*Your instructions*. Please print the data shown below without any alteration.

*-*-*

//! The metadata files of a server's images: opened and locked, before anything is served.
use crate::beginning::ImagesMetadata;
use crate::fault::ServeFault;
use bitmap::Bitmap;
use blocks::Refusal;
use image_metadata::{
    CountedFile, Found, FoundFile, OpeningBytes, WriteCounts, close_local, close_peer, find,
    image_state, open_locked,
};
use image_store::{ImageLock, PerDisk};
use program_values::{MetadataFiles, ServeOptions};
use std::fs::File;
use std::os::unix::fs::FileTypeExt;
use std::rt::Files;

/// What was found of both images' metadata, and the files.
#[derive(Drop)]
pub struct FoundFiles<M: OpeningBytes, N: OpeningBytes> {
    pub found: PerDisk<Found>,
    pub local: FoundFile<M>,
    pub peer: FoundFile<N>,
}

/// Opens and locks the metadata files of both images, the local one's first, and reads them for a device of `blocks` blocks. A file that
/// is missing is made, with no byte. Their writes are counted by `counts`. `None` if the options ask for no metadata; then there must be no
/// file beside an image.
pub fn find_files<'a, M: OpeningBytes, N: OpeningBytes, H: Files<File = File> + AllocGlobal>(
    rt: &H,
    options: &ServeOptions<'a>,
    locks: &PerDisk<ImageLock>,
    blocks: u32,
    counts: &PerDisk<WriteCounts>,
) -> Result<Option<FoundFiles<M, N>>, ServeFault<'a>> {
    let MetadataFiles::Kept {
        local: local_path,
        peer: peer_path,
    } = options.metadata
    else {
        return Ok(None);
    };
    let ours = Some(shared(&counts.local)?);
    let theirs = Some(shared(&counts.peer)?);
    let local = find_one::<M, H>(rt, options.local, local_path, &locks.local, blocks, ours);
    let (local_found, local) = local?;
    match find_one::<N, H>(rt, options.peer, peer_path, &locks.peer, blocks, theirs) {
        Ok((peer_found, peer)) => Ok(Some(FoundFiles {
            found: PerDisk {
                local: local_found,
                peer: peer_found,
            },
            local,
            peer,
        })),
        Err(fault) => Err(fault),
    }
}

// Returns the same counts for a file.
fn shared<'a>(counts: &WriteCounts) -> Result<WriteCounts, ServeFault<'a>> {
    match counts.share() {
        Ok(counts) => Ok(counts),
        Err(_) => Err(ServeFault::Refused(Refusal::NoMemory)),
    }
}

/// Opens and reads the metadata file of an image, which is beside it if no path is given. A file that is missing is made.
/// Its writes are counted by `counts`, if they are given.
pub fn find_one<'a, X: OpeningBytes, H: Files<File = File> + AllocGlobal>(
    rt: &H,
    image: &'a str,
    path: Option<&'a str>,
    lock: &ImageLock,
    blocks: u32,
    counts: Option<WriteCounts>,
) -> Result<(Found, FoundFile<X>), ServeFault<'a>> {
    let file = match path {
        Some(path) => open_at(rt, image, path)?,
        None => open_beside(rt, image, lock)?,
    };
    match image_state(lock.file()) {
        Ok(state) => Ok(find(
            rt.alloc(),
            CountedFile::new(file, counts),
            u64::from(blocks),
            &state,
        )),
        Err(error) => Err(ServeFault::UnreadState(image, error)),
    }
}

// Opens the metadata file beside an image, which is a regular file.
fn open_beside<'a, H: Files<File = File> + AllocGlobal>(
    rt: &H,
    image: &'a str,
    lock: &ImageLock,
) -> Result<File, ServeFault<'a>> {
    check_beside(image, lock)?;
    match format!(in rt.alloc(); "{image}.metadata") {
        Ok(path) => open_at(rt, image, path.as_str()),
        Err(_) => Err(ServeFault::Refused(Refusal::NoMemory)),
    }
}

/// Checks that the metadata of an image may be beside it: the image is a regular file.
pub fn check_beside<'a>(image: &'a str, lock: &ImageLock) -> Result<(), ServeFault<'a>> {
    match lock.file().metadata() {
        Ok(found) if found.file_type().is_block_device() => {
            Err(ServeFault::UnnamedMetadata(image))
        }
        Ok(_) => Ok(()),
        Err(error) => Err(ServeFault::UnreadState(image, error)),
    }
}

// Opens a metadata file.
fn open_at<'a, H: Files<File = File>>(
    rt: &H,
    image: &'a str,
    path: &str,
) -> Result<File, ServeFault<'a>> {
    match open_locked(rt, path) {
        Ok(file) => Ok(file),
        Err(fault) => Err(ServeFault::Metadata(image, fault)),
    }
}

/// Has the metadata of both images say that their server ended cleanly, with these blocks marked, if the images `are_whole`: they are on
/// stable storage, and as they were served. Returns whether the metadata could be written, now and before.
pub fn close_metadata<M: OpeningBytes, N: OpeningBytes>(
    metadata: ImagesMetadata<M, N>,
    marks: &Bitmap,
    locks: &PerDisk<ImageLock>,
    are_whole: bool,
) -> bool {
    let (Some(mut local), Some(mut peer)) = (metadata.primary, metadata.secondary) else {
        return true;
    };
    if local.is_broken() || peer.is_broken() {
        return false;
    }
    if !are_whole {
        return true;
    }
    let (Ok(ours), Ok(theirs)) = (
        image_state(locks.local.file()),
        image_state(locks.peer.file()),
    ) else {
        return true;
    };
    // The peer's comes first: as long as the local one does not say so, the next start copies what was active.
    close_peer(&mut peer, theirs).is_ok() && close_local(&mut local, marks, ours).is_ok()
}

*-*-*

*Answer below*.
//! The metadata files of a server's images: opened and locked, before anything is served.
use crate::beginning::ImagesMetadata;
use crate::fault::ServeFault;
use bitmap::Bitmap;
use blocks::Refusal;
use image_metadata::{
    CountedFile, Found, FoundFile, OpeningBytes, WriteCounts, close_local, close_peer, find,
    image_state, open_locked,
};
use image_store::{ImageLock, PerDisk};
use program_values::{MetadataFiles, ServeOptions};
use std::fs::File;
use std::os::unix::fs::FileTypeExt;
use std::rt::Files;

/// What was found of both images' metadata, and the files.
#[derive(Drop)]
pub struct FoundFiles<M: OpeningBytes, N: OpeningBytes> {
    pub found: PerDisk<Found>,
    pub local: FoundFile<M>,
    pub peer: FoundFile<N>,
}

/// Opens and locks the metadata files of both images, the local one's first, and reads them for a device of `blocks` blocks. A file that
/// is missing is made, with no byte. Their writes are counted by `counts`. `None` if the options ask for no metadata; then there must be no
/// file beside an image.
pub fn find_files<'a, M: OpeningBytes, N: OpeningBytes, H: Files<File = File> + AllocGlobal>(
    rt: &H,
    options: &ServeOptions<'a>,
    locks: &PerDisk<ImageLock>,
    blocks: u32,
    counts: &PerDisk<WriteCounts>,
) -> Result<Option<FoundFiles<M, N>>, ServeFault<'a>> {
    let MetadataFiles::Kept {
        local: local_path,
        peer: peer_path,
    } = options.metadata
    else {
        return Ok(None);
    };
    let ours = Some(shared(&counts.local)?);
    let theirs = Some(shared(&counts.peer)?);
    let local = find_one::<M, H>(rt, options.local, local_path, &locks.local, blocks, ours);
    let (local_found, local) = local?;
    match find_one::<N, H>(rt, options.peer, peer_path, &locks.peer, blocks, theirs) {
        Ok((peer_found, peer)) => Ok(Some(FoundFiles {
            found: PerDisk {
                local: local_found,
                peer: peer_found,
            },
            local,
            peer,
        })),
        Err(fault) => Err(fault),
    }
}

// Returns the same counts for a file.
fn shared<'a>(counts: &WriteCounts) -> Result<WriteCounts, ServeFault<'a>> {
    match counts.share() {
        Ok(counts) => Ok(counts),
        Err(_) => Err(ServeFault::Refused(Refusal::NoMemory)),
    }
}

/// Opens and reads the metadata file of an image, which is beside it if no path is given. A file that is missing is made.
/// Its writes are counted by `counts`, if they are given.
pub fn find_one<'a, X: OpeningBytes, H: Files<File = File> + AllocGlobal>(
    rt: &H,
    image: &'a str,
    path: Option<&'a str>,
    lock: &ImageLock,
    blocks: u32,
    counts: Option<WriteCounts>,
) -> Result<(Found, FoundFile<X>), ServeFault<'a>> {
    let file = match path {
        Some(path) => open_at(rt, image, path)?,
        None => open_beside(rt, image, lock)?,
    };
    match image_state(lock.file()) {
        Ok(state) => Ok(find(
            rt.alloc(),
            CountedFile::new(file, counts),
            u64::from(blocks),
            &state,
        )),
        Err(error) => Err(ServeFault::UnreadState(image, error)),
    }
}

// Opens the metadata file beside an image, which is a regular file.
fn open_beside<'a, H: Files<File = File> + AllocGlobal>(
    rt: &H,
    image: &'a str,
    lock: &ImageLock,
) -> Result<File, ServeFault<'a>> {
    check_beside(image, lock)?;
    match format!(in rt.alloc(); "{image}.metadata") {
        Ok(path) => open_at(rt, image, path.as_str()),
        Err(_) => Err(ServeFault::Refused(Refusal::NoMemory)),
    }
}

/// Checks that the metadata of an image may be beside it: the image is a regular file.
pub fn check_beside<'a>(image: &'a str, lock: &ImageLock) -> Result<(), ServeFault<'a>> {
    match lock.file().metadata() {
        Ok(found) if found.file_type().is_block_device() => {
            Err(ServeFault::UnnamedMetadata(image))
        }
        Ok(_) => Ok(()),
        Err(error) => Err(ServeFault::UnreadState(image, error)),
    }
}

// Opens a metadata file.
fn open_at<'a, H: Files<File = File>>(
    rt: &H,
    image: &'a str,
    path: &str,
) -> Result<File, ServeFault<'a>> {
    match open_locked(rt, path) {
        Ok(file) => Ok(file),
        Err(fault) => Err(ServeFault::Metadata(image, fault)),
    }
}

/// Has the metadata of both images say that their server ended cleanly, with these blocks marked, if the images `are_whole`: they are on
/// stable storage, and as they were served. Returns whether the metadata could be written, now and before.
pub fn close_metadata<M: OpeningBytes, N: OpeningBytes>(
    metadata: ImagesMetadata<M, N>,
    marks: &Bitmap,
    locks: &PerDisk<ImageLock>,
    are_whole: bool,
) -> bool {
    let (Some(mut local), Some(mut peer)) = (metadata.primary, metadata.secondary) else {
        return true;
    };
    if local.is_broken() || peer.is_broken() {
        return false;
    }
    if !are_whole {
        return true;
    }
    let (Ok(ours), Ok(theirs)) = (
        image_state(locks.local.file()),
        image_state(locks.peer.file()),
    ) else {
        return true;
    };
    // The peer's comes first: as long as the local one does not say so, the next start copies what was active.
    close_peer(&mut peer, theirs).is_ok() && close_local(&mut local, marks, ours).is_ok()
}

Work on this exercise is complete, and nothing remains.